--- DATA FOR THIS TASK Enclosed Below ---
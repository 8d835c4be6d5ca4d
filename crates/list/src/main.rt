// Document 01's listing program. Here its input begins with the two words of the paper's example, and ends with three bytes that are no word.
#![tactic(auto)]

use std::io;

fn main(rt: HostRuntime) -> io::Result<()> {
    lister::list_input(&mut rt.reader(), &mut io::writer(&rt))
}
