const INLINE_VALUE: &str = r#"
{"range":{"end":{"character":29,"line":85},"start":{"character":29,"line":85}},"text":"text"} :: Text(InlineValueText { range: Range { start: Position { line: 85, character: 29 }, end: Position { line: 85, character: 29 } }, text: "text" })
{"caseSensitiveLookup":true,"range":{"end":{"character":29,"line":85},"start":{"character":29,"line":85}}} :: VariableLookup(InlineValueVariableLookup { range: Range { start: Position { line: 85, character: 29 }, end: Position { line: 85, character: 29 } }, variable_name: None, case_sensitive_lookup: true })
{"range":{"end":{"character":29,"line":85},"start":{"character":29,"line":85}}} :: EvaluatableExpression(InlineValueEvaluatableExpression { range: Range { start: Position { line: 85, character: 29 }, end: Position { line: 85, character: 29 } }, expression: None })
! false :: one of its forms is wanted
"#;

const INLINE_VALUE_TEXT: &str = r#"
{"range":{"end":{"character":29,"line":85},"start":{"character":29,"line":85}},"text":"text"} :: InlineValueText { range: Range { start: Position { line: 85, character: 29 }, end: Position { line: 85, character: 29 } }, text: "text" }
? range text
! {"text":"text"} :: range: is missing
"#;

const INLINE_VALUE_VARIABLE_LOOKUP: &str = r#"
{"caseSensitiveLookup":true,"range":{"end":{"character":29,"line":85},"start":{"character":29,"line":85}},"variableName":"variableName"} :: InlineValueVariableLookup { range: Range { start: Position { line: 85, character: 29 }, end: Position { line: 85, character: 29 } }, variable_name: Some("variableName"), case_sensitive_lookup: true }
? range caseSensitiveLookup
! {"caseSensitiveLookup":true} :: range: is missing
"#;

const INLINE_VALUE_EVALUATABLE_EXPRESSION: &str = r#"
{"expression":"expression","range":{"end":{"character":29,"line":85},"start":{"character":29,"line":85}}} :: InlineValueEvaluatableExpression { range: Range { start: Position { line: 85, character: 29 }, end: Position { line: 85, character: 29 } }, expression: Some("expression") }
? range
! {} :: range: is missing
"#;

const RENAME_PARAMS: &str = r#"
{"newName":"newName","position":{"character":29,"line":85},"textDocument":{"uri":"file:///uri"},"workDoneToken":71} :: RenameParams { text_document_position: TextDocumentPositionParams { text_document: TextDocumentIdentifier { uri: Uri { text: "file:///uri" } }, position: Position { line: 85, character: 29 } }, new_name: "newName", work_done_progress_params: WorkDoneProgressParams { work_done_token: Some(Number(71)) } }
? textDocument position newName
! {"position":{"character":29,"line":85},"textDocument":{"uri":"file:///uri"},"workDoneToken":71} :: newName: is missing
"#;
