// Leaf sets as words of 64 bits: leaf k is bit k mod 64 of word k div 64. They are made from bytes, and turned back.
ghost use Rattle.std.specs.Prelude.{◌≡◌, ℕ, ◌+◌, ◌*◌, ◌<◌, length, get_or};
ghost use Rattle.base.specs.Bits.{from_bits};
ghost use Rattle.limits.specs.Limits.{set_words};
ghost use Rattle.trees.specs.Trees.{leaf, leaves};
ghost use Rattle.trees.specs.Splits.{bytes_of, set_of};
ghost use Rattle.sets.specs.Words.{set_of_words, words_of};
ghost use Rattle.sets.specs.Sets.{combined, same_set};
ghost use Rattle.sets.specs.inner.Numbers.{of_numbers};

use crate::Combination;
use limits::{SET_BYTES, SET_WORDS};

// The words of a set, each made from its place: one by one, since a processor waits where one word of an array is
// stored and then the whole of it is read.
fn each_word<F: Fn(usize) -> u64>(word: F) -> [u64; SET_WORDS]
    requires { (i : ℕ) → i < set_words → F.pre word i }
    ensures { (length result ≡ set_words) × ((i : ℕ) → i < set_words → F.post word i (get_or result i 0)) }
{
    let mut words = [0u64; SET_WORDS];
    for i in 0..SET_WORDS {
        words[i] = word(i);
    }
    words
}

// The word of the eight bytes from byte 8i on, the lowest first.
fn word_at(s: [u8; SET_BYTES], i: usize) -> u64
    requires { i < set_words }
    ensures { result ≡ from_bits 64 (λ t. set_of s (64 * i + t)) }
{
    let mut bytes = [0u8; 8];
    bytes.copy_from_slice(&s[8 * i..8 * i + 8]);
    u64::from_le_bytes(bytes)
}

// The words of the set that bytes stand for.
pub fn of_bytes(s: [u8; SET_BYTES]) -> [u64; SET_WORDS]
    ensures { result ≡ words_of (set_of s) }
{
    each_word(|i| word_at(s, i))
}

// The bytes of the set that words stand for.
pub fn to_bytes(w: [u64; SET_WORDS]) -> [u8; SET_BYTES]
    ensures { result ≡ bytes_of (set_of_words w) }
{
    // A byte at a time: to_le_bytes would need a range of the output for each word.
    let mut r = [0u8; SET_BYTES];
    for i in 0..SET_BYTES {
        r[i] = ((w[i / 8] >> (8 * (i % 8))) % 256) as u8;
    }
    r
}

// Word i of the set of leaf k alone.
fn single_word(k: usize, i: usize) -> u64
    ensures { result ≡ from_bits 64 (λ t. leaves (leaf k) (64 * i + t)) }
{
    if k / 64 == i { 1 << (k % 64) } else { 0 }
}

// The set of leaf k alone.
pub fn single(k: usize) -> [u64; SET_WORDS]
    ensures { result ≡ words_of (leaves (leaf k)) }
{
    each_word(|i| single_word(k, i))
}

// A word of what is made of two sets.
fn combine_word(what: Combination, x: u64, y: u64) -> u64
    ensures { result ≡ of_numbers what x y }
{
    match what {
        Combination::Union => x | y,
        Combination::Intersection => x & y,
    }
}

// What is made of two sets.
pub fn combine(what: Combination, a: [u64; SET_WORDS], b: [u64; SET_WORDS]) -> [u64; SET_WORDS]
    ensures { result ≡ words_of (combined what (set_of_words a) (set_of_words b)) }
{
    each_word(|i| combine_word(what, a[i], b[i]))
}

// Whether two sets have the same leaves.
pub fn equal(a: [u64; SET_WORDS], b: [u64; SET_WORDS]) -> bool
    ensures { result ≡ same_set (set_of_words a) (set_of_words b) }
{
    a == b
}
--- End of Enclosed DATA FOR THIS TASK ---
> _DIRECTIONS FOR THIS TASK_
Print the lines above from the one with "pub fn to_bytes(w: [u64;" through the one with "fn single_word(k: usize, i: usize) -> u64", both included, exactly as written and nothing more.

> _THE COMPLETED TASK_
pub fn to_bytes(w: [u64; SET_WORDS]) -> [u8; SET_BYTES]
    ensures { result ≡ bytes_of (set_of_words w) }
{
    // A byte at a time: to_le_bytes would need a range of the output for each word.
    let mut r = [0u8; SET_BYTES];
    for i in 0..SET_BYTES {
        r[i] = ((w[i / 8] >> (8 * (i % 8))) % 256) as u8;
    }
    r
}

// Word i of the set of leaf k alone.
fn single_word(k: usize, i: usize) -> u64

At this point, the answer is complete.